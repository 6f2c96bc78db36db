// Tests of marks at the ends of their words, and of delivering waiting rows.
use memory::{WaitingRows, clear_marks, is_marked, mark};
use std::alloc::{AllocError, Global};
use std::test::Fail;

// Rows that are marked in two words; the last two lie outside.
const MARKS: &[usize] = &[0, 1, 62, 63, 64, 65, 126, 127, 128, usize::MAX];

#[test]
fn marks(rt: HostRuntime) {
    for &i in MARKS {
        let mut words = [0; 2];
        mark(&mut words, i);
        for j in 0..130 {
            assert!(rt; is_marked(&words, j) == (i == j && j < 128), "{}", j);
        }
        clear_marks(&mut words);
        assert_eq!(rt; words, [0; 2], "{}", i);
    }
}

// So many numbers, counted from one on. Rows of any values can be delivered.
fn numbers(heap: Global, from: usize, count: usize) -> Result<Vec<usize>, AllocError> {
    (0..count).map(|i| from.saturating_add(i)).collect(heap)
}

// Waiting rows, how many are delivered, their width, cells of the waiting page and of the out page, and whether it is done.
const DELIVERS: &[(usize, usize, usize, usize, usize, bool)] = &[
    (3, 2, 2, 6, 4, true),
    (3, 2, 2, 7, 5, true),
    (3, 3, 2, 6, 6, true),
    (3, 0, 2, 6, 0, true),
    (0, 0, 2, 0, 0, true),
    (3, 2, 0, 0, 0, true),
    (3, 2, 2, 5, 4, false),
    (3, 2, 2, 6, 3, false),
    (2, 3, 2, 6, 6, false),
    (usize::MAX, 1, 2, 6, 6, false),
];

#[test]
fn delivered(rt: HostRuntime) -> Result<(), Fail> {
    for &(count, first, width, cells, room, done) in DELIVERS {
        let mut waiting = numbers(rt.alloc(), 0, cells)?;
        let mut out = numbers(rt.alloc(), 100, room)?;
        let mut rows = WaitingRows {
            cells: waiting.as_mut_slice(),
            rows: count,
        };
        let right = rows.deliver(first, width, out.as_mut_slice()).is_ok() == done;
        assert!(rt; right, "{count} {first} {width}");
        let cut = if done { first.saturating_mul(width) } else { 0 };
        for (i, &cell) in out.iter().enumerate() {
            let number = if i < cut { i } else { i.saturating_add(100) };
            assert_eq!(rt; cell, number, "{}", i);
        }
        let moved = if done {
            count.saturating_mul(width).saturating_sub(cut)
        } else {
            0
        };
        for (i, &cell) in waiting.iter().enumerate() {
            let number = if i < moved { i.saturating_add(cut) } else { i };
            assert_eq!(rt; cell, number, "{}", i);
        }
    }
    Ok(())
}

------------------------

EXERCISE DESCRIPTION | Retrieve every line above holding the word "WaitingRows".

ANSWER AREA |
use memory::{WaitingRows, clear_marks, is_marked, mark};
        let mut rows = WaitingRows {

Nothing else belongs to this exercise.